The floors in the original portion of the building are stained maple tongue and groove, while the floors in the later classroom additions are colored concrete with a 2 × 2 ft square score pattern. Aside from the two side entrances, all the original doors are intact, but much of the historic door furniture has been replaced over the years. The interior walls are plastered and painted, and painted wood trim is present throughout the building.

=== Historical modifications ===
In 1936–1937, the school district took advantage of federal Public Works Administration funds to add two classrooms, hallways, and restrooms. Heat for the rooms was provided by a boiler system, which replaced the wood-burning stoves used in the original classrooms. The intact boiler room is located in a small subfloor area underneath the boys' restroom. The rooms were eventually equipped with oil heaters, and eventually gas heaters hung from the ceilings.

The 1936-1937 classroom additions match the original building both in style and materials, and do not detract from the historical integrity of the building. During the modern era (post-1946), the open space between the classroom wings was filled in to create shower rooms, which were accessed through the existing restrooms as well as from the building's exterior. This infill is not visible from the street view of the building, and does not detract from the overall historical feeling and appearance of the building. The stage was dismantled sometime during the modern period (post-1946) to allow for more classroom space.

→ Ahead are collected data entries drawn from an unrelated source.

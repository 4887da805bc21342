// What the declarations of a program are like that keep all rules.
ghost use Rattle.std.specs.Prelude.{◌≡◌, ℕ, List};
ghost use Rattle.enc_ast.specs.declared.decls.Program.{Program};
ghost use Rattle.enc_decls.specs.Rules.{HasTables};
ghost use Rattle.enc_decls.specs.Laws.{IsNamedAt, IsMainAt};

/// A program whose declarations keep all rules starts in exactly one active class.
pub fn one_main()
    ensures there { (p : Program) → HasTables p → (k : ℕ) × IsMainAt p k }
    ensures alone { (p : Program) (j k : ℕ) → HasTables p → IsMainAt p j → IsMainAt p k → j ≡ k }
{}

/// No two of its declarations have one name.
pub fn one_name()
    ensures { (p : Program) (j k : ℕ) (x : List ℕ) → HasTables p → IsNamedAt p j x → IsNamedAt p k x → j ≡ k }
{}
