// Classes of passive objects.
ghost use Rattle.std.specs.Prelude.{◌≡◌, true, IfOk, OnOk};
ghost use Rattle.std.specs.Option.{option_copied};
ghost use Rattle.enc_premises.specs.Premises.{each, if_known};
ghost use Rattle.enc_premises.specs.Passing.{Passes};
ghost use Rattle.enc_types.specs.Names.{groups_of};
ghost use Rattle.enc_decls.specs.Found.{Right};
ghost use Rattle.enc_decls.specs.Rules as rules;
ghost use Rattle.enc_decls.specs.Nodes as spec;

use crate::groups::may_share;
use crate::traits::Traits;
use enc_ast::{ClassDecl, Decl, Fail, GroupText, Rule};
use enc_modes::{Cap, Mode, mode_of};
use enc_premises::demand;
use enc_types::{Meaning, Names};
use std::alloc::{AllocError, Global};

/// Refuses a class by the first of its groups that breaks a rule, then by its name unless that is
/// new, and then by what the groups make together. Where memory runs out, it answers `Fail::Memory`.
#[tactic(auto, using(crate::proofs::Passing::passing))]
pub fn judge_class(
    alloc: Global,
    decls: &[Decl],
    names: &Names,
    traits: &mut Traits,
    new: bool,
    class: &ClassDecl,
) -> Result<(), Fail>
    requires right { Right decls.now names.now traits.old }
    requires own { new ≡ true → spec.groups_named names.now class.now.name.word ≡ groups_of decls.now class.now }
    ensures passes { Passes result (spec.class_node decls.now names.now new class.now) }
    ensures right { OnOk result (Right decls.now names.now traits.new) }
{
    each_group(alloc, decls, names, traits, class.groups.as_slice())?;
    demand(Rule::KName, class.span, new)?;
    let groups = groups_named(names, class.name.word.as_str());
    demand(Rule::KClass, class.span, is_class(groups))
}

#[tactic(auto, using(crate::proofs::Loops::rests))]
fn each_group(
    alloc: Global,
    decls: &[Decl],
    names: &Names,
    traits: &mut Traits,
    groups: &[GroupText],
) -> Result<(), Fail>
    requires { Right decls.now names.now traits.old }
    ensures passes { Passes result (each (rules.group_premises decls.now names.now) groups.now) }
    ensures right { OnOk result (Right decls.now names.now traits.new) }
{
    for group in groups {
        judge_group(alloc, decls, names, traits, group)?;
    }
    Ok(())
}

#[tactic(auto, using(crate::proofs::Passing::passing))]
fn judge_group(
    alloc: Global,
    decls: &[Decl],
    names: &Names,
    traits: &mut Traits,
    group: &GroupText,
) -> Result<(), Fail>
    requires { Right decls.now names.now traits.old }
    ensures passes { Passes result (rules.group_premises decls.now names.now group.now) }
    ensures right { OnOk result (Right decls.now names.now traits.new) }
{
    demand(Rule::KName, group.span, names.are_traits(group))?;
    let shares = may_share(alloc, decls, names, traits, group)?;
    demand(Rule::KOr, group.span, shares)
}

// The groups of the class that the name stands for, as far as they are known.
#[tactic(auto, unfolding(enc_types::specs::Names::found))]
fn groups_named<'a>(names: &'a Names, name: &str) -> Option<&'a Cap>
    ensures { option_copied result ≡ spec.groups_named names.now name.now }
{
    match &names.get(names.find(name)?)?.is {
        Meaning::Class(Some(groups)) => Some(groups),
        _ => None,
    }
}

#[tactic(auto, unfolding(crate::specs::Rules::is_class))]
fn is_class(groups: Option<&Cap>) -> bool
    ensures { result ≡ if_known rules.is_class (option_copied groups.entry) }
{
    let Some(groups) = groups else {
        return true;
    };
    groups.composes() && mode_of(groups) != Mode::Read
}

Additional changes occurred to the building in the mid-1950s, when a combination shower and locker room was added to the rear, or east side, of the building. By 1955, the Rittenhouse Elementary School, which was now called "Old Main," was the centerpiece of the community of Queen Creek. Flooding in 1966 damaged the wooden floor; the flooring near the main entry is still warped as a result.

=== Restoration ===
In 2002, the San Tan Historical Society took over the Rittenhouse Elementary School, and began the long process of restoring the building. Although structurally sound, more than 70 years of cosmetic alterations had to be undone in order to restore the building to its original appearance. Numerous layers of paint were removed to expose the original red brick exterior. The paint removal revealed hundreds of graffiti etched into the bricks by former students; this graffiti provides an invaluable historical record of the school.

Modern acoustic tile was removed from the interior ceiling to reveal the original plastered ceiling, which was restored and painted to match the original interior colors. The stage was reconstructed in the early 2000s. The wooden floor is undergoing research and analysis for restoration by a local historical architectural firm. Repointing of the nearly 90-year-old brick mortar is being conducted by a local historical preservation expert.

== San Tan Historical Museum ==
The Rittenhouse Elementary School/San Tan Historical Society Museum continues to serve as an important focal point for the community of Queen Creek. The history of the school and the community are the focus of the museum. The school grounds display some of the original playground equipment. Antique farm equipment, which pays homage to the agricultural history of Queen Creek, is also displayed around the building's exterior. Inside the museum are permanent and changing exhibits reflecting the history of the school and the community, a small lending library focusing on the history of Queen Creek and the surrounding area, and numerous historical photographs of the school and its students.